> WHAT IS BEING ASKED
The records follow. Count the lines holding "many" and give only the number.
··· DATA FOR THIS EXERCISE ···
//! The code of patterns: their tests, and the words of their variables.
ghost use Rattle.std.specs.Prelude.{◌≡◌, ◌+◌, ◌<◌, length, IfOk, OnOk, Some, ℕ};
ghost use Rattle.box_code.specs.Paths.{Spot as AnySpot, spots_from, tests_from};
ghost use Rattle.box_code.specs.Represents.{depth_of, instr_of_test, FieldsStand, TestsStand};
ghost use Rattle.box_code.specs.Words.{path_of, words_of};
ghost use Rattle.box_compile.specs.inner.Emitted.{Emitted};
ghost use Rattle.box_compile.specs.inner.Parts.{FieldStands, TestStands};
ghost use Rattle.box_compile.specs.inner.Patterns.{FoundWritten, PatternWritten};
ghost use Rattle.box_compile.specs.inner.Tests.{test_of};

use crate::counts::{count, plus};
use crate::finding::{Found, found_at, found_in_words};
use crate::spots::{Spot, Test, Wanted};
use crate::writer::Writer;
use box_code::{Instr, Path};
use hume_model::PatC;
use std::alloc::{AllocError, Global};

/// The tests of a pattern whose value is the word at a place, and then the words of its variables, on a stack of so many words. It gives how
/// many variables there are. It is never inlined, so that a level of nested alternatives takes little of the stack.
#[inline(never)]
pub(crate) fn emit_pattern(
    alloc: Global,
    writer: &mut Writer,
    place: u32,
    high: u32,
    other: u32,
    pat: &PatC,
) -> Result<u32, AllocError>
    ensures { IfOk result (λ count. PatternWritten writer.old writer.new place high other pat.now count) }
{
    let found = found_at(alloc, pat, place)?;
    emit_found(writer, high, other, &found)
}

/// The tests of patterns whose values are the words from the bottom of the frame on, and then the words of their variables, on a stack of
/// so many words. It gives how many variables there are.
pub(crate) fn emit_patterns(
    alloc: Global,
    writer: &mut Writer,
    high: u32,
    other: u32,
    pats: &[PatC],
) -> Result<u32, AllocError>
    ensures { IfOk result (λ count. FoundWritten writer.old writer.new high other (tests_from pats.now 0) (spots_from pats.now 0) count) }
{
    let found = found_in_words(alloc, pats)?;
    emit_found(writer, high, other, &found)
}

fn emit_found(writer: &mut Writer, high: u32, other: u32, found: &Found) -> Result<u32, AllocError>
    ensures { IfOk result (λ count. FoundWritten writer.old writer.new high other found.now.tests found.now.spots count) }
{
    let count = count(found.spots.len())?;
    emit_tests(writer, high, other, found.tests.as_slice())?;
    emit_fields(writer, high, found.spots.as_slice())?;
    Ok(count)
}

// Tests that jump to a place if they fail, on a stack of so many words.
fn emit_tests(writer: &mut Writer, high: u32, other: u32, tests: &[Test]) -> Result<(), AllocError>
    ensures { OnOk result (Emitted writer.old writer.new (λ code from to. TestsStand code high other from to tests.now)) }
{
    for test in tests {
        emit_test(writer, high, other, test)?;
    }
    Ok(())
}

fn emit_test(writer: &mut Writer, high: u32, other: u32, test: &Test) -> Result<(), AllocError>
    ensures { OnOk result (Emitted writer.old writer.new (λ code from to. TestStands code high other from to test.now)) }
{
    let spot = test.spot();
    let depth = depth(high, spot.place())?;
    let numbers = spot.path();
    let path = path_behind(writer, 3, numbers)?;
    let instr = test_instr(test.wanted(), depth, path, other);
    match writer.emit_at_path(instr, path, numbers) {
        Err(error) => Err(error),
        Ok(()) => Ok(()),
    }
}

fn test_instr(wanted: Wanted, depth: u32, path: Path, other: u32) -> Instr
    ensures same { (spot : AnySpot) (high : ℕ) → depth ≡ depth_of high spot.place → result ≡ instr_of_test high other path (test_of spot wanted) }
    ensures path { path_of result ≡ Some path }
    ensures words { length (words_of result) ≡ 3 }
{
    match wanted {
        Wanted::Word(word) => Instr::MatchWord {
            depth,
            path,
            word,
            to: other,
        },
        Wanted::Tag(tag) => Instr::MatchTag {
            depth,
            path,
            tag,
            to: other,
        },
    }
}

/// The words at the spots, one after another, above so many words.
pub(crate) fn emit_fields(writer: &mut Writer, high: u32, spots: &[Spot]) -> Result<(), AllocError>
    ensures { OnOk result (Emitted writer.old writer.new (λ code from to. FieldsStand code high from to spots.now)) }
{
    let count = count(spots.len())?;
    for i in 0..count {
        emit_field(writer, plus(high, i)?, &spots[i as usize])?;
    }
    Ok(())
}

fn emit_field(writer: &mut Writer, high: u32, spot: &Spot) -> Result<(), AllocError>
    ensures { OnOk result (Emitted writer.old writer.new (λ code from to. FieldStands code high from to spot.now)) }
{
    let depth = depth(high, spot.place())?;
    let numbers = spot.path();
    let path = path_behind(writer, 1, numbers)?;
    match writer.emit_at_path(Instr::Field { depth, path }, path, numbers) {
        Err(error) => Err(error),
        Ok(()) => Ok(()),
    }
}

/// The depth of the word at a place under so many words, if it is one of them.
pub(crate) fn depth(high: u32, place: u32) -> Result<u32, AllocError>
    ensures { IfOk result (λ depth. (place < high) × (depth ≡ depth_of high place)) }
{
    if place >= high {
        return Err(AllocError);
    }
    Ok(high - (1 + place))
}

// The path of these field numbers that will stand behind so many words more.
fn path_behind(writer: &Writer, words: u32, numbers: &[u32]) -> Result<Path, AllocError>
    ensures { IfOk result (λ path. (path.at ≡ length writer.now + words) × (path.length ≡ length numbers.now)) }
{
    let at = plus(writer.len(), words)?;
    let length = count(numbers.len())?;
    Ok(Path { at, length })
}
···
> SOLUTION FOR THIS TASK
7